Flamingo brings few-shot learning to vision: SOTA on VQA and captioning with no task-specific fine-tuning.
NaturalSpeech is the first TTS system to achieve a MOS statistically indistinguishable from recorded human speech on the LJSpeech benchmark, marking a historic milestone for speech synthesis.
OpenAI announces DALL·E 2, a diffusion-based text-to-image model producing photorealistic 1024×1024 images. Initially waitlist-only, public access in July.
Google publishes PaLM, a 540B-parameter model trained on the new Pathways system. Demonstrates emergent reasoning capabilities when guided with chain-of-thought.

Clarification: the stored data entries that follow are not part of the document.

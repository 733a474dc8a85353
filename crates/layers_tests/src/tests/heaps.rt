//! The bytes of blocks, which no script of `dpv mem` shows. Where blocks lie is in tests/program/scripts.py.
ghost use Rattle.std.specs.Prelude.{◌≡◌};

use super::cases::{are_all, must};
use super::memory::{end, is_whole, new_heap};
use dp_heap::Heap;
use std::process::Abort;

// Whether two blocks keep their bytes while those between them are freed.
fn keep_their_bytes(rt: &impl Abort, heap: &mut Heap) -> bool
    ensures { heap.new.home ≡ heap.old.home }
{
    let mut high = heap.malloc(64, 0).expect(rt, "a block");
    let second = heap.malloc(128, 512).expect(rt, "a block");
    let third = heap.malloc(256, 0).expect(rt, "a block");
    let mut low = heap.malloc(256, 0).expect(rt, "a block");
    high.bytes_mut().fill(7);
    low.bytes_mut().fill(9);
    heap.free(third);
    heap.free(second);
    let are_kept = are_all(high.bytes(), 7) && are_all(low.bytes(), 9);
    heap.free(low);
    heap.free(high);
    are_kept
}

// Whether all bytes of a new block are 0.
fn is_zeroed(rt: &impl Abort, heap: &mut Heap) -> bool
    ensures { heap.new.home ≡ heap.old.home }
{
    let block = heap.zmalloc(4032, 0).expect(rt, "a block");
    let is_zeroed = block.len() == 4032 && are_all(block.bytes(), 0);
    heap.free(block);
    is_zeroed
}

#[test]
fn bytes_of_blocks(rt: HostRuntime) {
    let mut heap = new_heap(&rt, rt.alloc(), 4096);
    let are_so = keep_their_bytes(&rt, &mut heap) && is_whole(&heap) && is_zeroed(&rt, &mut heap);
    end(&rt, heap);
    must(&rt, are_so, "the bytes");
}
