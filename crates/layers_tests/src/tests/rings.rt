//! Rings that are filled and emptied, call by call.
ghost use Rattle.std.specs.Prelude.{◌≡◌, length};

use super::cases::none_differs;
use super::memory::new_heap;
use Many::{Bulk, Burst};
use Step::{
    Contains, Count, Dequeue, DequeueBulk, DequeueBurst, Enqueue, EnqueueBulk, EnqueueBurst, Peek,
};
use dp_ring::Ring;
use dp_zone::Zones;
use std::alloc::Global;
use std::process::Abort;

/// A call of a ring, and what it answers.
enum Step {
    /// A value is taken, or not.
    Enqueue(u32, bool),
    /// All values are taken, or none.
    EnqueueBulk(&'static [u32], bool),
    /// This number of the values are taken.
    EnqueueBurst(&'static [u32], usize),
    /// This value leaves, or there is none.
    Dequeue(Option<u32>),
    /// The first values leave the ring for a buffer that had these, all of them or none; these are in the buffer then.
    DequeueBulk(&'static [u32], bool, &'static [u32]),
    /// The same, with the number of the values that leave.
    DequeueBurst(&'static [u32], usize, &'static [u32]),
    /// The k-th value is this, from 0, or there is none.
    Peek(u32, Option<u32>),
    /// The value is in the ring, or not.
    Contains(u32, bool),
    /// The ring has this number of values, and room for this number more.
    Count(u32, u32),
}

/// The number of slots of a ring, and calls.
static SCRIPTS: [(u32, &[Step]); 2] = [
    (
        8,
        &[
            Count(0, 7),
            Enqueue(1, true),
            Enqueue(2, true),
            Enqueue(3, true),
            Enqueue(4, true),
            Enqueue(5, true),
            Enqueue(6, true),
            Enqueue(7, true),
            Enqueue(8, false),
            Dequeue(Some(1)),
            Dequeue(Some(2)),
            EnqueueBulk(&[8, 9, 10], false),
            Count(5, 2),
            EnqueueBulk(&[8, 9], true),
            Count(7, 0),
            EnqueueBurst(&[10, 11, 12], 0),
            Count(7, 0),
            Peek(0, Some(3)),
            Peek(6, Some(9)),
            Peek(7, None),
            Contains(9, true),
            Contains(2, false),
            DequeueBurst(
                &[0, 0, 0, 0, 0, 0, 0, 0, 0],
                7,
                &[3, 4, 5, 6, 7, 8, 9, 0, 0],
            ),
            Count(0, 7),
            Dequeue(None),
            Count(0, 7),
        ],
    ),
    (
        4,
        &[
            EnqueueBurst(&[1, 2, 3, 4], 3),
            DequeueBulk(&[0, 0, 0, 0], false, &[0, 0, 0, 0]),
            Count(3, 0),
            DequeueBulk(&[0, 0], true, &[1, 2]),
            Count(1, 2),
            EnqueueBurst(&[5], 1),
            DequeueBurst(&[7, 7, 7], 2, &[3, 5, 7]),
            DequeueBulk(&[1, 2], false, &[1, 2]),
            DequeueBulk(&[], true, &[]),
        ],
    ),
];

// The calls that may move nothing keep the ring in its zone.
fn enqueue(ring: &mut Ring, value: u32) -> bool
    ensures { ring.new.home ≡ ring.old.home }
{
    ring.enqueue(value)
}

fn enqueue_bulk(ring: &mut Ring, values: &[u32]) -> bool
    ensures { ring.new.home ≡ ring.old.home }
{
    ring.enqueue_bulk(values)
}

// How many values leave at once: all that fit or none, or this number.
#[derive(Drop)]
enum Many {
    Bulk(bool),
    Burst(usize),
}

// Takes values out into a buffer that was as said, and compares the buffer afterwards.
fn dequeue_many(ring: &mut Ring, was: &[u32], many: &Many, then: &[u32]) -> bool
    ensures { ring.new.home ≡ ring.old.home }
{
    let mut room = [0; 9];
    let Some(values) = room.get_mut(..was.len()) else {
        return false;
    };
    values.copy_from_slice(was);
    let leave = match many {
        Bulk(taken) => ring.dequeue_bulk(values) == *taken,
        Burst(number) => ring.dequeue_burst(values) == *number,
    };
    leave && &*values == then
}

fn does(ring: &mut Ring, step: &Step) -> bool
    ensures { ring.new.home ≡ ring.old.home }
{
    match step {
        Enqueue(value, taken) => enqueue(ring, *value) == *taken,
        EnqueueBulk(values, taken) => enqueue_bulk(ring, values) == *taken,
        EnqueueBurst(values, number) => ring.enqueue_burst(values) == *number,
        Dequeue(first) => ring.dequeue() == *first,
        DequeueBulk(was, taken, then) => dequeue_many(ring, was, &Bulk(*taken), then),
        DequeueBurst(was, number, then) => dequeue_many(ring, was, &Burst(*number), then),
        Peek(k, value) => ring.peek(*k) == *value,
        Contains(value, there) => ring.contains(*value) == *there,
        Count(count, room) => ring.count() == *count && ring.free_count() == *room,
    }
}

// The first step that is not as its row says, from 0.
fn differs(ring: &mut Ring, steps: &[Step]) -> Option<usize>
    ensures { ring.new.home ≡ ring.old.home }
{
    for (k, step) in steps.iter().enumerate() {
        if !does(ring, step) {
            return Some(k);
        }
    }
    None
}

// The same for a new ring with this number of slots.
fn differs_in(rt: &impl Abort, alloc: Global, slots: u32, steps: &[Step]) -> Option<usize> {
    let mut heap = new_heap(rt, alloc, 4096);
    let mut zones = Zones::new();
    let zone = zones.reserve(&mut heap, "ring", 32, 0).expect(rt, "ring");
    assert!(rt; zone.len() >= 32 && (slots == 4 || slots == 8));
    let mut ring = Ring::over(zone, slots);
    let first = differs(&mut ring, steps);
    zones.give_back(&mut heap, ring.into_zone());
    heap.close().close();
    first
}

#[test]
fn scripts(rt: HostRuntime) {
    for (k, (slots, steps)) in SCRIPTS.iter().enumerate() {
        none_differs(&rt, k, differs_in(&rt, rt.alloc(), *slots, steps));
    }
}
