//! The names of an engine's zones.

ghost use Rattle.std.specs.Prelude.{◌≡◌, ◌<◌, codes};
ghost use Rattle.dp_mbuf.specs.declared.limits.TheConstants.{MAX_POOLS};
ghost use Rattle.dp_engine.specs.Names.{numbered, pool_name, ring_name};

/// Whether a ring is the transmit list of a port.
#[derive(Clone, Copy)]
pub(crate) enum ListKind {
    Port,
    Ring,
}

// The name of the zone of a port's transmit list.
fn port_name(k: usize) -> &'static str
    requires { k < 8 }
    ensures { result.now ≡ numbered (codes "port") k }
{
    match k {
        0 => "port0",
        1 => "port1",
        2 => "port2",
        3 => "port3",
        4 => "port4",
        5 => "port5",
        6 => "port6",
        _ => "port7",
    }
}

// The name of the zone of a ring.
fn loose_name(k: usize) -> &'static str
    requires { k < 8 }
    ensures { result.now ≡ numbered (codes "ring") k }
{
    match k {
        0 => "ring0",
        1 => "ring1",
        2 => "ring2",
        3 => "ring3",
        4 => "ring4",
        5 => "ring5",
        6 => "ring6",
        _ => "ring7",
    }
}

/// The name of the zone of the `k`-th ring of a kind.
pub(crate) fn ring_name(kind: ListKind, k: usize) -> &'static str
    requires { k < 8 }
    ensures { result.now ≡ ring_name kind k }
{
    match kind {
        ListKind::Port => port_name(k),
        ListKind::Ring => loose_name(k),
    }
}

/// The name of the `k`-th pool; the names of its zones begin with it.
pub(crate) fn pool_name(k: usize) -> &'static str
    requires { k < MAX_POOLS }
    ensures { result.now ≡ pool_name k }
{
    match k {
        0 => "pool0",
        1 => "pool1",
        2 => "pool2",
        3 => "pool3",
        4 => "pool4",
        5 => "pool5",
        6 => "pool6",
        _ => "pool7",
    }
}
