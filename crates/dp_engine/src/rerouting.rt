//! Changes of routes between turns.
use dp_lpm::LpmError;

/// Why a route is not changed.
#[derive(Clone, Copy)]
pub enum RouteFault {
    /// There is no table of this number.
    NoTable,
    /// The table refuses the change.
    Refused(LpmError),
}
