//! The output of a pass: records in one array of the caller, and their bytes in another.

/// A record that a port sent. Its bytes are in the array of bytes of the same pass.
#[repr(C)]
#[derive(Clone, Copy, Default)]
pub struct SentRecord {
    /// The time of the pass, as the caller gave it.
    pub time: u64,
    /// The offset of its first byte in the array of bytes.
    pub offset: u64,
    /// The port that sent it.
    pub port: u32,
    /// Its length in bytes, at most 262,144.
    pub length: u32,
}

/// How much a batch holds, or has room for.
#[derive(Clone, Copy, Default)]
pub struct BatchSize {
    /// The number of records, or the room for them.
    pub records: usize,
    /// The number of their bytes, or the room for them.
    pub bytes: usize,
}
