//! The engine: turns and drains of a pipeline, with all buffers, rings and transmit lists in one region.
//!
//! ```text
//!    record of port p                                            a capture, or a batch
//!          |                                                               ^
//!          |  receive; or drop: nobuf, oversize                            |  drain
//!          v                                                               |
//!  +----------------+   tx    +-------------------------------+            |
//!  | node of port p | ------> | transmit lists, one each port | -----------+
//!  +----------------+         +-------------------------------+
//!          |                                   ^
//!          |  enq                              |  tx
//!          v                                   |
//!  +----------------+   the front packet   +----------------+
//!  | rings 0, 1, .. | -------------------> | node of a ring |     up to 32 times in a turn
//!  +----------------+   of the lowest      +----------------+
//!          ^            ring that has one      |
//!          |                                   |  enq
//!          +-----------------------------------+
//! ```
//!
//! A turn is one record: it is received or dropped, the port's program runs on it, then up to 32 programs run on packets that wait in rings. A
//! node run takes at most 256 backward jumps; one more cuts it, and its packets are freed. A drain writes a transmit list, first to last, and
//! frees its packets.
//!
//! Who owns what: an `Engine` owns the region, the tables and the checked programs. Each packet is held once: by a register during a node run,
//! or by a ring or a transmit list. No packet outlives `finish`.
//!
//! What to call: `need` for the size of the region; `open`; `refuse` before the first turn, if calls are to be refused; then `turn` and `drain`
//! (or `pass`, which does both into the caller's arrays); `flush` if the packets that wait are to be dropped; `report` at any time; `finish`,
//! which gives the region back with every buffer free.
//!
//! What not to do: an `Engine` cannot be dropped. After `open` no call takes memory. The engine tests nothing that the checker has settled:
//! programs come as `Checked`, of the same environment and their own entries.
#![tactic(auto)]

mod acts;
mod batch;
mod builder;
mod compiled_programs;
mod context;
mod copying;
mod engine;
mod machine;
mod memory;
mod names;
mod needs;
mod node;
mod put;
mod queues;
mod report;
mod rerouting;
mod rings;
mod route_lookup;
mod run;
mod serving;
mod setting;
mod view;
mod watch;

pub use batch::{BatchSize, SentRecord};
pub use compiled_programs::{Also, Compiled, CompiledPrograms, Nothing};
pub use engine::{Engine, OpenFault, Outcome, Pass, Turn, WriteFault};
pub use needs::need;
pub use report::{InputState, PoolReport, PortReport, Report};
pub use rerouting::RouteFault;
pub use view::{PacketShape, SegmentView, View};
pub use watch::{Silent, Watch, Way, turns_are_runs};
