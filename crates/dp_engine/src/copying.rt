//! Copies the bytes of a packet.
ghost use Rattle.std.specs.Prelude.{◌≡◌, ◌+◌, ◌≤◌, length};
ghost use Rattle.dp_model.specs.Buffers.{overwritten};
ghost use Rattle.dp_model.specs.Packets.{packet_bytes};
ghost use Rattle.dp_model.specs.Stores.{IsLive, Of};

use dp_mbuf::Mbufs;
use dp_model::Packet as Handle;

// Writes `part` into an array at index `start`.
#[inline(always)]
fn write_at(bytes: &mut [u8], start: usize, part: &[u8])
    requires { start + length part.now ≤ length bytes.old }
    ensures { bytes.new ≡ overwritten bytes.old start part.now }
{
    bytes[start..start + part.len()].copy_from_slice(part);
}

// Copies the bytes of a packet into an array at an offset, segment by segment. Returns their number.
#[inline(always)]
pub(crate) fn copy_packet(mbufs: &Mbufs, packet: Handle, bytes: &mut [u8], from: usize) -> u32
    requires live { IsLive mbufs.now.store packet }
    requires room { Of mbufs.now.store packet (λ k. from + length (packet_bytes mbufs.now.store.buffers k) ≤ length bytes.old) }
    ensures length { Of mbufs.now.store packet (λ k. result ≡ length (packet_bytes mbufs.now.store.buffers k)) }
    ensures copied { Of mbufs.now.store packet (λ k. bytes.new ≡ overwritten bytes.old from (packet_bytes mbufs.now.store.buffers k)) }
    ensures many { length bytes.new ≡ length bytes.old }
{
    // A packet has at most 64 segments.
    mbufs.is_well_formed();
    let mut length = 0u32;
    for index in 0..mbufs.segments(&packet) {
        let part = mbufs.segment_bytes(&packet, index);
        write_at(bytes, from + length as usize, part);
        length += part.len() as u32;
    }
    length
}
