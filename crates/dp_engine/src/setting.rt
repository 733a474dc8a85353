//! The setting of node runs, as it is one record in the definitions.
ghost use Rattle.std.specs.Prelude.{◌≡◌, ◌<◌, length, Some, IfErr, OnOk};
ghost use Rattle.std.specs.List.{AllByRecursion};
ghost use Rattle.dp_lpm.specs.Changes.{HasTable, AddsRoute, DeletesRoute};
ghost use Rattle.dp_lpm.specs.Faults.{add_fault, delete_fault};
ghost use Rattle.dp_lpm.specs.Routes.{HasSmallHops};

use dp_lpm::{LpmError, Tables};
use dp_model::Env;
use std::marker::Model;

/// What does not change during a node run: the environment, the tables, and the numbers of the calls to refuse.
#[derive(Drop)]
pub struct Setting {
    pub(crate) env: Env,
    pub(crate) tables: Tables,
    pub(crate) pattern: Vec<u64>,
}

impl Model for Setting {
    ghost use Rattle.dp_engine.specs.Steps.{SettingParts};

    ghost Value = { SettingParts };

    ghost view = { λ s. record { env = s.env; tables = s.tables; pattern = s.pattern.items } };
}

impl Setting {
    // The environment.
    #[inline(always)]
    pub(crate) fn env(&self) -> &Env
        ensures { result.now ≡ self.now.env }
    {
        &self.env
    }

    // The tables.
    #[inline(always)]
    pub(crate) fn tables(&self) -> &Tables
        ensures { result.now ≡ self.now.tables }
    {
        &self.tables
    }

    // The numbers of the calls to refuse.
    #[inline(always)]
    pub(crate) fn pattern(&self) -> &[u64]
        ensures { result.now ≡ self.now.pattern }
    {
        self.pattern.as_slice()
    }

    // Adds a route to a table. The table must exist.
    pub(crate) fn add_route(
        &mut self,
        table: u8,
        ip: u32,
        depth: u8,
        hop: u32,
    ) -> Result<(), LpmError>
        requires { table < length self.old.tables }
        ensures kept { self.new ≡ record self.old { tables = self.new.tables } }
        ensures ok { OnOk result (AddsRoute table ip depth hop self.old.tables self.new.tables) }
        ensures err { IfErr result (λ e. HasTable table self.old.tables (λ t. add_fault t ip depth hop ≡ Some e) × (self.new ≡ self.old)) }
        ensures hops { AllByRecursion HasSmallHops self.new.tables }
        ensures many { length self.new.tables ≡ length self.old.tables }
    {
        self.tables.add(table, ip, depth, hop)
    }

    // Deletes a route of a table. The table must exist.
    pub(crate) fn delete_route(&mut self, table: u8, ip: u32, depth: u8) -> Result<(), LpmError>
        requires { table < length self.old.tables }
        ensures kept { self.new ≡ record self.old { tables = self.new.tables } }
        ensures ok { OnOk result (DeletesRoute table ip depth self.old.tables self.new.tables) }
        ensures err { IfErr result (λ e. HasTable table self.old.tables (λ t. delete_fault t ip depth ≡ Some e) × (self.new ≡ self.old)) }
        ensures hops { AllByRecursion HasSmallHops self.new.tables }
        ensures many { length self.new.tables ≡ length self.old.tables }
    {
        self.tables.delete(table, ip, depth)
    }
}
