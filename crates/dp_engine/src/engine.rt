//! The engine: its types, opening it in a region, and finishing it.
ghost use Rattle.std.specs.Prelude.{◌≡◌, ℕ, ◌+◌, ◌<◌, ◌≤◌, List, [], length, slice_get, Some, IfOk, IfErr, OnOk};
ghost use Rattle.dp_model.specs.Packets.{Packet};
ghost use Rattle.dp_engine.specs.Needs.{bytes_needed};
ghost use Rattle.dp_engine.specs.Schemes.{AreNodes};
ghost use Rattle.dp_engine.specs.Engines.{IsOpened, IsAscending, IsFlushed, flushed};
ghost use Rattle.dp_engine.specs.Reports.{IsReport, IsWhole};
ghost use Rattle.dp_engine.specs.Memories.{IsOneFree};

mod drains;
mod pass;
mod reporting;
mod routes;
mod turns;

use crate::compiled_programs::{CompiledPrograms, Nothing};
use crate::context::Context;
use crate::machine::Machine;
use crate::memory::{EngineMemory, Parts};
use crate::queues::Queues;
use crate::report::{NO_TALLIES, Report, Tallies};
use dp_check::Checked;
use dp_lpm::Lpm;
use dp_mbuf::Mbufs;
use dp_model::{Env, Queue};
use dp_region::Region;
pub use pass::Pass;
use std::marker::Model;

/// The outcome of a record: received, or why it was dropped.
#[derive(Clone, Copy, PartialEq, Eq)]
pub enum Outcome {
    /// Received; the port's program ran on it.
    Got,
    /// Dropped: the pattern refused its buffers, or too few were free.
    NoBuffer,
    /// Dropped: it needs more segments than the port takes.
    Oversize,
}

/// What a turn did.
#[derive(Clone, Copy, PartialEq, Eq)]
pub struct Turn {
    /// The outcome of the record.
    pub outcome: Outcome,
    /// The number of node runs: one if the record was received, and up to 32 on packets in rings.
    pub runs: u8,
    /// How many of them were cut.
    pub cuts: u8,
    /// How many instructions they ran.
    pub steps: u32,
}

/// The writer failed.
#[derive(Clone, Copy, PartialEq, Eq)]
pub struct WriteFault {
    /// How many records were written whole before that.
    pub sent: u32,
}

/// The region is smaller than the engine needs. The error returns everything that was handed in.
pub struct OpenFault {
    /// The region that is too small.
    pub region: Region,
    /// The tables, as they were handed in.
    pub tables: Vec<Lpm>,
    /// The checked programs.
    pub nodes: Vec<Checked>,
}

/// An engine: pools of mbufs, rings and transmit lists in one region, tables, and a checked program for each port and ring. `finish` ends it.
/// Programs that are among `K` run as machine code, others are interpreted; nothing else depends on `K`.
pub struct Engine<K: CompiledPrograms = Nothing> {
    context: Context<K>,
    machine: Machine,
    memory: EngineMemory,
    turns: u64,
    tallies: [Tallies; 8],
    left: [u64; 8],
}

impl<K: CompiledPrograms> Model for Engine<K> {
    ghost use Rattle.dp_engine.specs.Engines.{EngineState, engine_of, IsEngine};

    ghost Value = { EngineState };

    ghost view = { λ e. engine_of e.context e.machine e.memory e.turns e.tallies e.left };

    ghost invariant = { λ e. IsEngine e.context e.machine e.memory e.turns e.tallies e.left };
}

impl<K: CompiledPrograms> Engine<K> {
    /// Opens an engine in a region with nothing lent. The tables are as many as the environment has; the checked programs are one for each
    /// port and then one for each ring, each of this environment and its own entry. No allocation call is refused at first. It fails exactly
    /// if the region has fewer bytes than `need` returns; the error returns the region, tables and programs.
    pub fn open(
        region: Region,
        env: &Env,
        tables: Vec<Lpm>,
        nodes: Vec<Checked>,
    ) -> Result<Engine<K>, OpenFault>
        requires lent { region.lent ≡ [] }
        requires tables { length tables.items ≡ env.now.tables }
        requires nodes { AreNodes env.now nodes.items }
        ensures opened { IfOk result (λ e. IsOpened region.home (length region.bytes) env.now tables.items nodes.items e) }
        ensures room { OnOk result (bytes_needed env.now ≤ length region.bytes) }
        ensures refused { IfErr result (λ f. (length region.bytes < bytes_needed env.now) × (f.region ≡ region) × (f.tables ≡ tables) × (f.nodes ≡ nodes)) }
    {
        let (memory, parts) = match EngineMemory::open(region, env) {
            Ok(opened) => opened,
            Err(region) => {
                return Err(OpenFault {
                    region,
                    tables,
                    nodes,
                });
            }
        };
        let Parts {
            pools,
            rings,
            lists,
        } = parts;
        let context = Context::new(env, tables, nodes);
        let mbufs = Mbufs::over(pools);
        mbufs.is_well_formed();
        let machine = Machine::over(mbufs, Queues::over(rings, lists));
        Ok(Engine {
            context,
            machine,
            memory,
            turns: 0,
            tallies: [NO_TALLIES; 8],
            left: [0; 8],
        })
    }

    /// Replaces the pattern: the numbers of the allocation calls to refuse, ascending, from 1. Call it before the first turn.
    pub fn refuse(&mut self, pattern: Vec<u64>)
        requires ascending { IsAscending 0 pattern.items }
        requires first { self.old.turns ≡ 0 }
        ensures { self.new ≡ record self.old { setting = record self.old.setting { pattern = pattern.items } } }
    {
        self.context.refuse(pattern);
    }

    /// The number of turns so far.
    pub fn turns(&self) -> u64
        ensures { result ≡ self.now.turns }
    {
        self.turns
    }

    /// The number of packets in the transmit list of a port. The port must exist.
    pub fn queued(&self, port: u8) -> usize
        requires exists { port < length self.now.setting.env.ports }
        ensures { (packets : List Packet) × (slice_get self.now.world.outboxes port ≡ Some packets) × (result ≡ length packets) }
    {
        self.machine.count(Queue::Tx(port)) as usize
    }

    /// Ends the engine: frees what is left in rings and transmit lists. Returns the report, in which all buffers are free, and the region, with
    /// nothing lent: its heap is one free element.
    pub fn finish(self) -> (Report, Region)
        ensures report { IsReport (flushed self) result.0 }
        ensures whole { IsWhole self.setting.env result.0 }
        ensures region { (result.1.home ≡ self.home) × (length result.1.bytes ≡ self.size) }
        ensures lent { result.1.lent ≡ [] }
        ensures heap { IsOneFree result.1.bytes }
    {
        let mut engine = self;
        engine.flush();
        let report = engine.report();
        (report, engine.close())
    }

    // Takes the engine apart. No packet may be left.
    fn close(self) -> Region
        requires none { IsFlushed self }
        ensures region { (result.home ≡ self.home) × (length result.bytes ≡ self.size) }
        ensures lent { result.lent ≡ [] }
        ensures heap { IsOneFree result.bytes }
    {
        let Engine {
            context: _,
            machine,
            memory,
            turns: _,
            tallies: _,
            left: _,
        } = self;
        let (mbufs, queues) = machine.into_parts();
        let pools = mbufs.into_pools();
        let (rings, lists) = queues.into_rings();
        memory.close(Parts {
            pools,
            rings,
            lists,
        })
    }
}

DeepMind publishes the Chinchilla paper and shows that, given equal compute, smaller models trained on far more tokens beat oversized undertrained ones.
At GTC 2022 NVIDIA unveils the Hopper architecture and the H100 GPU, with FP8 Transformer Engine and NVLink 4. It will become the hardware substrate for nearly every large LLM of the following years.
Wang et al. (Google Brain) show that sampling N diverse reasoning paths and taking the most frequent answer beats greedy decoding on all reasoning benchmarks.
DeepMind unveils AlphaCode, a system that generates code for competitive programming problems and ranks in the top half of human participants on Codeforces.
Coqui TTS is an open source Python library for quality text-to-speech, forked from Mozilla TTS, supporting over 1100 languages and adopted by the HuggingFace community.
OpenAI introduces InstructGPT: a GPT-3 refined with human feedback (RLHF) that follows instructions better than the 175B base model despite being much smaller (1.3B parameters).
AI2 and University of Washington present UnifiedIO: the first sequence-to-sequence model capable of handling text, images, audio, video, and structured data as both inputs and outputs through a single architecture, trained on 80+ tasks simultaneously.